Published:December 16, 2021DOI:https://doi.org/10.1016/j.acap.2021.12.015

      Abstract

      Objective

      Reutilization following discharge is costly to families and the health care system. Singular measures of the social determinants of health (SDOH) have been shown to impact utilization; however, the SDOH are multifactorial. The Childhood Opportunity Index (COI) is a validated approach for comprehensive estimation of the SDOH. Using the COI, we aimed to describe the association between SDOH and 30-day revisit rates.

      Methods

      This retrospective study included children 0 to 17 years within 48 children's hospitals using the Pediatric Health Information System from 1/1/2019 to 12/31/2019. The main exposure was a child's ZIP code level COI. The primary outcome was unplanned readmissions and emergency department (ED) revisits within 30 days of discharge.
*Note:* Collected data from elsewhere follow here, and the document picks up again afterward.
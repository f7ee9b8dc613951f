//! The cells of units, and the groups that end with them.

ghost use Rattle.std.specs.Prelude.{◌≡◌, length};
ghost use Rattle.pr_net.specs.Shape.{cells_of};
ghost use Rattle.pr_net.specs.Whole.{shape_of};
ghost use Rattle.pr_lens_fits.specs.Unfits.{cell_count, ends_with, group_ending};

use pr_net::Net;

/// How many cells a unit has.
pub fn cells_of(net: &Net, unit: u32) -> usize
    ensures { result ≡ length (cells_of (shape_of net.now) unit) }
{
    match net.units.get(unit as usize) {
        None => 0,
        Some(found) => found.cells.len(),
    }
}

/// How many cells these units have: each takes a column.
pub fn cells_in(net: &Net, units: &[u32]) -> usize
    ensures { result ≡ cell_count (shape_of net.now) units.now }
{
    let mut cells: usize = 0;
    for unit in units {
        cells = cells.saturating_add(cells_of(net, *unit));
    }
    cells
}

/// Whether this is the last of some units.
fn ends_with(units: &[u32], unit: u64) -> bool
    ensures { result ≡ ends_with unit units.now }
{
    match units.get(units.len().saturating_sub(1)) {
        None => false,
        Some(last) => u64::from(*last) == unit,
    }
}

/// The units of the first group whose last unit this is; none where there is no such group.
pub fn group_ending(net: &Net, unit: u64) -> &[u32]
    ensures { result.now ≡ group_ending (shape_of net.now) unit }
{
    for group in &net.groups {
        if ends_with(&group.units, unit) {
            return &group.units;
        }
    }
    &[]
}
Primary outcomes were summarized by COI category and compared using chi-square or Kruskal-Wallis tests. Adjusted analysis used generalized linear mixed effects models with adjustments for demographics, clinical characteristics, and hospital clustering.

      Results

      Of 728,997 hospitalizations meeting inclusion criteria, 30-day unplanned returns occurred for 96,007 children (13.2%). After adjustment, the patterns of returns were significantly associated with COI. For example, 30-day returns occurred for 19.1% (95% confidence interval [CI]: 18.2, 20.0) of children living within very low opportunity areas, with a gradient-like decrease as opportunity increased (15.5%, 95% CI: 14.5, 16.5 for very high). The relative decrease in utilization as COI increased was more pronounced for ED revisits.

      Conclusions

      Children living in low opportunity areas had greater 30-day readmissions and ED revisits. Our results suggest that a broader approach, including policy and system-level change, is needed to effectively reduce readmissions and ED revisits.